El Paso Intelligence Center (EPIC) at the core of border patrol

The El Paso Intelligence Center (EPIC), a multi-agency regional intelligence center in El Paso, Texas, gathers and disseminates information about drug and weapons trafficking, alien smuggling, and terrorism activities. The agencies at the core are the Drug Enforcement Administration, Customs and Border Protection, and Immigration and Customs Enforcement, and includes representatives from more than 15 other agencies. EPIC is run jointly by the DEA and U.S. Customs and Border Protection (CBP), which is part of the Department of Homeland Security (DHS).

To improve drug and border enforcement operations on the Southwest border of the United States, the Department of Justice (DOJ) recommended establishing a regional intelligence center in 1974. The El Paso Intelligence Center (EPIC) would be staffed by representatives of the Drug Enforcement Administration, US Customs Service, and US Immigration and Naturalization Service. The agencies in the El Paso Intelligence Center would collect and disseminate information about drug smuggling, illegal immigration, and weapons smuggling to support law enforcement agencies in the area.

Since 1974 the number of agencies represented at EPIC have grown from 3 to 19, and now includes:

•Drug Enforcement Administration
•Department of Homeland Security
•Customs and Border Protection
•Immigration and Customs Enforcement
•US Coast Guard
•Federal Bureau of Investigation
•Bureau of Alcohol, Tobacco, Firearms and Explosives
•US Secret Service
•US Marshals Service
•National Drug Intelligence Center
•Internal Revenue Service
•US Department of the Interior
•National Geospatial Intelligence Agency
•U.S. Department of Defense
•Joint Task Force North
•Joint Interagency Task Force South
•Texas Department of Public Safety
•Texas Air National Guard
•El Paso County Sheriff’s Office

The scope of EPIC’s responsibilities has changed as well.

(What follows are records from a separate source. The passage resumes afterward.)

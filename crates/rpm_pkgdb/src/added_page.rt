//! One slot page more: blocks are moved out of its way, and it is written.

ghost use Rattle.std.specs.Prelude.{◌≡◌, ℕ, ◌+◌, ◌*◌, ◌^◌, ◌≤◌, ◌<◌, ◌⊎◌, IsTrue, length, OnOk, Some};
ghost use Rattle.rpm_pkgdb.specs.Prelude.{Anything, AreBlocksMoved, AreMoved, StoreBeforeOrAfter, CanAdd, CanGrowBy, CanGrowFrom, CanMove, CanMoveAll, end_of, Files, IsGrown, IsMovable, IsPageAdded, IsDurable, KeepsStore, move_at, moves_of, moving_cost, NoShorter, Pkg, pkg, Quiet, SameOutside, slot_at, RepresentsBlobs, CrashLeavesFile, Store, unit_at, WhileMoved, with_page, Writes};

use crate::free_slots::write_free_slots;
use crate::page_plan::Page;
use crate::slot::Slot;
use crate::store::PkgDb;
use crate::units::{
    head_unit, read_units, slot_unit, sync_pkg, write_one, write_units, write_zeros,
};
use rpm_outside::{Disk, Failed};

/// Copies units to a range that is apart, a page at a time.
pub fn copy_blocks<D: Disk>(disk: &mut D, from: u32, to: u32, count: u32) -> Result<(), Failed>
    requires ends { to + count ≤ 2 ^ 28 }
    requires room { from + count ≤ 2 ^ 28 }
    requires apart { (to + count ≤ from) ⊎ (from + count ≤ to) }
    requires within { IsTrue D.tells → from + count ≤ length (D.files disk.old).pkg }
    ensures copied { OnOk result (IsTrue D.tells → (i : ℕ) → i < count
        → unit_at (D.files disk.new).pkg (to + i) ≡ unit_at (D.files disk.old).pkg (from + i)) }
    ensures long { OnOk result (IsTrue D.tells → 0 < count → to + count ≤ length (D.files disk.new).pkg) }
    ensures durable { OnOk result (IsTrue D.tells → IsDurable D.Disk Pkg disk.new) }
    ensures writes { Writes D.Disk Pkg (SameOutside to count) (16 * count) result disk.old disk.new }
{
    let mut page = [0u8; 4096];
    let mut done = 0;
    while done < count {
        let some = (count - done).min(256);
        let part = &mut page[..16 * some as usize];
        read_units(disk, from as u64 + done as u64, part)?;
        write_units(disk, to as u64 + done as u64, part)?;
        done += some;
    }
    sync_pkg(disk)
}

/// Moves the blocks of a slot, and makes the old ones zeros from a block on: those before it become a slot page.
pub fn move_blocks<D: Disk>(
    disk: &mut D,
    place: u32,
    old: Slot,
    to: u32,
    zeros_from: u32,
) -> Result<(), Failed>
    requires place { place + 3 ≤ 2 ^ 28 }
    requires end { end_of old ≤ 2 ^ 28 }
    requires room { to + old.count ≤ 2 ^ 28 }
    requires apart { (to + old.count ≤ old.offset) ⊎ (end_of old ≤ to) }
    requires within { IsTrue D.tells → end_of old ≤ length (pkg D.Disk disk.old) }
    ensures moved { OnOk result (IsTrue D.tells → AreBlocksMoved D.Disk disk.old disk.new place old to zeros_from) }
    ensures images { IsTrue D.tells → (value : Store) → CanMove value place old to → Quiet D.Disk disk.old value
        → CrashLeavesFile D.Disk disk.old disk.new (WhileMoved value place old to (pkg D.Disk disk.old)) }
    ensures writes { Writes D.Disk Pkg NoShorter (16 * old.count) result disk.old disk.new }
{
    let end = old.offset + old.count;
    let at = old.offset.max(zeros_from).min(end);
    let slot = Slot {
        number: old.number,
        offset: to,
        count: old.count,
    };
    copy_blocks(disk, old.offset, to, old.count)?;
    write_one(disk, 2 + place as u64, &slot_unit(slot))?;
    // Only now: until the slot is durable they are the package.
    write_zeros(disk, at, end - at)
}

/// A move of a slot's blocks.
#[derive(Clone, Copy)]
pub struct Move {
    /// Of the slot.
    pub place: u32,
    /// The new first block.
    pub to: u32,
}

/// Moves the blocks of several slots, each once the one before is durable.
pub fn move_all<D: Disk>(
    disk: &mut D,
    slots: &[Slot],
    moves: &[Move],
    zeros_from: u32,
) -> Result<(), Failed>
    requires movable { (i : ℕ) → i < length moves.now → IsMovable slots.now (move_at moves.now i) }
    requires within { IsTrue D.tells → (i : ℕ) → i < length moves.now
        → end_of (slot_at slots.now (move_at moves.now i).place) ≤ length (pkg D.Disk disk.old) }
    ensures moved { OnOk result (IsTrue D.tells → AreMoved D.Disk disk.old disk.new slots.now moves.now moves.now zeros_from) }
    ensures images { IsTrue D.tells → (value : Store) → CanMoveAll slots.now moves.now value
        → Quiet D.Disk disk.old value
        → CrashLeavesFile D.Disk disk.old disk.new (RepresentsBlobs value (pkg D.Disk disk.old)) }
    ensures writes { Writes D.Disk Pkg NoShorter (moving_cost slots.now (Some moves.now)) result disk.old disk.new }
{
    for k in 0..moves.len() {
        let next = moves[k];
        let old = slots[next.place as usize];
        move_blocks(disk, next.place, old, next.to, zeros_from)?;
    }
    Ok(())
}

/// Adds a slot page, in which no blob has blocks.
pub fn add_page<D: Disk>(disk: &mut D, generation: u32, pages: u32) -> Result<(), Failed>
    requires { 256 * (pages + 1) ≤ 2 ^ 28 }
    ensures added { OnOk result (IsTrue D.tells → IsPageAdded D.Disk disk.old disk.new generation pages) }
    ensures images { IsTrue D.tells → (value : Store) → CanGrowFrom generation pages value
        → Quiet D.Disk disk.old value → CrashLeavesFile D.Disk disk.old disk.new
        (StoreBeforeOrAfter value (with_page value) (pkg D.Disk disk.old)) }
    ensures writes { Writes D.Disk Pkg Anything 0 result disk.old disk.new }
{
    write_free_slots(disk, 256 * pages, 256)?;
    write_one(disk, 0, &head_unit(generation, pages + 1))
}

impl PkgDb {
    /// Moves blobs out of the way of a slot page, and adds it.
    fn grow_by<D: Disk>(&self, disk: &mut D, moves: &[Move]) -> Result<(), Failed>
        requires made { 1 ≤ self.now.pages }
        requires can { CanAdd self.now moves.now }
        requires keeps { IsTrue D.tells → KeepsStore (pkg D.Disk disk.old) self.now }
        ensures grown { OnOk result (IsTrue D.tells → IsGrown D.Disk disk.old disk.new self.now (Some moves.now)) }
        ensures images { IsTrue D.tells → Quiet D.Disk disk.old self.now
            → CrashLeavesFile D.Disk disk.old disk.new (RepresentsBlobs self.now (pkg D.Disk disk.old)) }
        ensures writes { Writes D.Disk Pkg Anything (moving_cost self.now.slots (Some moves.now)) result disk.old disk.new }
    {
        move_all(disk, &self.slots, moves, 256 * (self.pages + 1))?;
        add_page(disk, self.generation, self.pages)
    }

    /// Adds the slot page of a plan, if it has one.
    pub(crate) fn grow<D: Disk>(&self, disk: &mut D, page: &Option<Page>) -> Result<(), Failed>
        requires made { 1 ≤ self.now.pages }
        requires can { CanGrowBy self.now (moves_of page.now) }
        requires keeps { IsTrue D.tells → KeepsStore (pkg D.Disk disk.old) self.now }
        ensures grown { OnOk result (IsTrue D.tells → IsGrown D.Disk disk.old disk.new self.now (moves_of page.now)) }
        ensures images { IsTrue D.tells → Quiet D.Disk disk.old self.now
            → CrashLeavesFile D.Disk disk.old disk.new (RepresentsBlobs self.now (pkg D.Disk disk.old)) }
        ensures writes { Writes D.Disk Pkg Anything (moving_cost self.now.slots (moves_of page.now)) result disk.old disk.new }
    {
        match page {
            None => Ok(()),
            Some(page) => self.grow_by(disk, &page.moves),
        }
    }
}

In the beginning, EPIC’s focus was to assist in identifying drug and alien traffickers along the U.S. – Mexico border. Now EPIC’s focus has grown to become international. EPIC serves Federal agencies from all 50 states, the District of Columbia, Canada, Puerto Rico, the US Virgin Islands, and Guam. EPIC also supports law enforcement efforts that are conducted by foreign counterparts all over the world, and has understandings with Canada, Australia, and the Netherlands. To support their increased duties, EPIC has developed into a fully coordinated, tactical intelligence center supported by databases and resources from member agencies. In 2001, after the World Trade Center attacks, counterterrorism was added to EPIC’s list of responsibilities.

EPIC also provides training for federal, state and local law enforcement personnel. Operation Jetway trains personnel in procedures for airport, train, bus, parcel or hotel/motel interdiction, and Operation Pipeline/Convoy trains personnel in procedures for highway interdiction.

The El Paso Intelligence Center is located in the Fort Bliss military reservation in El Paso, Texas. The current facility was dedicated in 1989 to the memory of DEA Special Agent Enrique Camarena-Salazar, who was killed in the line of duty during an undercover operations in Mexico. Major operations headed by EPIC include Operation Pipeline (1984), a nationwide highway interdiction program, and Operation Snowcap (1987), an initiative to disrupt the growing, processing, and transporting of cocaine.